Der 76-Jährige verstieß mit Fake-News über die US-Wahl mehrfach gegen die Regeln der Videoplattform. Die Online-Plattform Youtube hat die Nutzung des Kontos von Rudy Giuliani eingeschränkt. Der Anwalt von Ex-US-Präsident Donald Trump sei aus dem Programm zur Abgeltung von Beiträgen (Monetarisierungsprogramm) ausgeschlossen worden, teilte das Unternehmen am Dienstag mit. Youtube betätigte der Nachrichtenagentur AFP, dass Giuliani wiederholt gegen die Regeln der Plattform zur Verbreitung von Falschinformationen über die US-Präsidentschaftswahl verstoßen habe.
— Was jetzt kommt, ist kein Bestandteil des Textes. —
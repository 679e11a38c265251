//! Runs of old places that are set aside, so that the others rise and are taken in one pass.
ghost use Rattle.std.specs.Prelude.{◌≡◌, ◌+◌, ◌<◌, ◌≤◌, IfOk, OnOk, length};
ghost use Rattle.rd_graph.specs.Runs.{places_of};

use crate::regions::least_from;
use crate::runs::Run;
use std::alloc::{AllocError, Global};

/// Which runs of a stretch are set aside: those that come before a lower one, or those that come after a higher one.
#[derive(Clone, Copy)]
enum Side {
    Ahead,
    Behind,
}

/// Where a run of old places begins, of which there are so many, and zero for a made one.
#[inline(always)]
fn start_of(run: Run, old: usize) -> usize {
    if run.from < old { run.from } else { 0 }
}

/// Is a run of old places out of order? The least of those after it, and the most of those before it, are given.
#[inline(always)]
fn is_apart(run: Run, old: usize, side: Side, least: usize, most: usize) -> bool {
    run.from < old
        && match side {
            Side::Ahead => least < run.from,
            Side::Behind => run.from < most,
        }
}

/// The end of a stretch of runs from one on, whose old places come all before those of the runs after it.
fn stretch_end(runs: &[Run], least: &[usize], old: usize, from: usize) -> usize
    requires least { length least.now ≡ length runs.now + 1 }
    requires some { from < length runs.now }
    ensures more { from < result }
    ensures within { result ≤ length runs.now }
{
    let mut most = start_of(runs[from], old);
    let mut to = from + 1;
    while to < runs.len() && least[to] < most {
        most = most.max(start_of(runs[to], old));
        to += 1;
    }
    to
}

/// How many places of a stretch would be set aside.
fn count_apart(
    runs: &[Run],
    least: &[usize],
    old: usize,
    side: Side,
    from: usize,
    to: usize,
) -> usize
    requires least { length least.now ≡ length runs.now + 1 }
    requires within { to ≤ length runs.now }
{
    let mut most = 0;
    let mut count: usize = 0;
    for i in from..to {
        let run = runs[i];
        if is_apart(run, old, side, least[i + 1], most) {
            count = count.saturating_add(run.count);
        }
        most = most.max(start_of(run, old));
    }
    count
}

/// Sets a run aside, if it is to be.
fn put_if(runs: &mut Vec<Run>, at: usize, aside: bool)
    requires { at < length runs.old.items }
    ensures places { places_of runs.new.items ≡ places_of runs.old.items }
    ensures len { length runs.new.items ≡ length runs.old.items }
{
    if aside {
        let run = runs[at];
        runs[at] = Run {
            from: run.from,
            count: run.count,
            aside,
        };
    }
}

/// Sets runs of a stretch aside.
fn put_stretch(runs: &mut Vec<Run>, least: &[usize], old: usize, side: Side, from: usize, to: usize)
    requires least { length least.now ≡ length runs.old.items + 1 }
    requires within { to ≤ length runs.old.items }
    ensures places { places_of runs.new.items ≡ places_of runs.old.items }
    ensures len { length runs.new.items ≡ length runs.old.items }
{
    let mut most = 0;
    for i in from..to {
        let run = runs[i];
        put_if(runs, i, is_apart(run, old, side, least[i + 1], most));
        most = most.max(start_of(run, old));
    }
}

/// Sets runs of a stretch aside, on the side where they are fewer places.
fn put_fewer(runs: &mut Vec<Run>, least: &[usize], old: usize, from: usize, to: usize)
    requires least { length least.now ≡ length runs.old.items + 1 }
    requires within { to ≤ length runs.old.items }
    ensures places { places_of runs.new.items ≡ places_of runs.old.items }
    ensures len { length runs.new.items ≡ length runs.old.items }
{
    let ahead = count_apart(runs, least, old, Side::Ahead, from, to);
    let behind = count_apart(runs, least, old, Side::Behind, from, to);
    if ahead <= behind {
        put_stretch(runs, least, old, Side::Ahead, from, to);
        return;
    }
    put_stretch(runs, least, old, Side::Behind, from, to);
}

/// Where each run begins.
fn starts_of(alloc: Global, runs: &[Run]) -> Result<Vec<usize>, AllocError>
    ensures { IfOk result (λ v. length v.items ≡ length runs.now) }
{
    let mut starts = Vec::with_capacity(alloc, runs.len())?;
    for run in runs {
        starts.push(run.from)?;
    }
    Ok(starts)
}

/// Sets runs of old places aside, of which there are so many, so that the others rise: stretch by stretch those that are fewer.
pub(crate) fn set_aside(alloc: Global, runs: &mut Vec<Run>, old: usize) -> Result<(), AllocError>
    ensures { OnOk result (places_of runs.new.items ≡ places_of runs.old.items) }
{
    let starts = starts_of(alloc, runs)?;
    let least = least_from(alloc, &starts, old)?;
    let mut from = 0;
    while from < runs.len() {
        let to = stretch_end(runs, &least, old, from);
        if from + 1 < to {
            put_fewer(runs, &least, old, from, to);
        }
        from = to;
    }
    Ok(())
}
Der Anwalt sei aus dem Partnerprogramm ausgeschlossen worden und erhalte keine Einnahmen aus dem Verkauf von Anzeigen (als Umsatzbeteiligung) mehr, erklärte Youtube. Der ehemalige Bürgermeister der Stadt New York hatte die zahlreichen Trump-Anhänger immer wieder mit Verschwörungstheorien über eine angebliche Manipulation der US-Wahl angestachelt. In einem Youtube-Video sagte Giuliani etwa, die Wahlmaschinen der Firma Dominion Voting Systems hätten dazu beigetragen, dem abgewählten und mittlerweile abgetretenen republikanischen Präsidenten “die Wahl zu stehlen”. Das Unternehmen verklagte Giuliani am Montag wegen Verleumdung und forderte umgerechnet rund eine Milliarde Euro Schadenersatz. Dem 76-Jährigen droht auch der Ausschluss aus der New Yorker Anwaltskammer.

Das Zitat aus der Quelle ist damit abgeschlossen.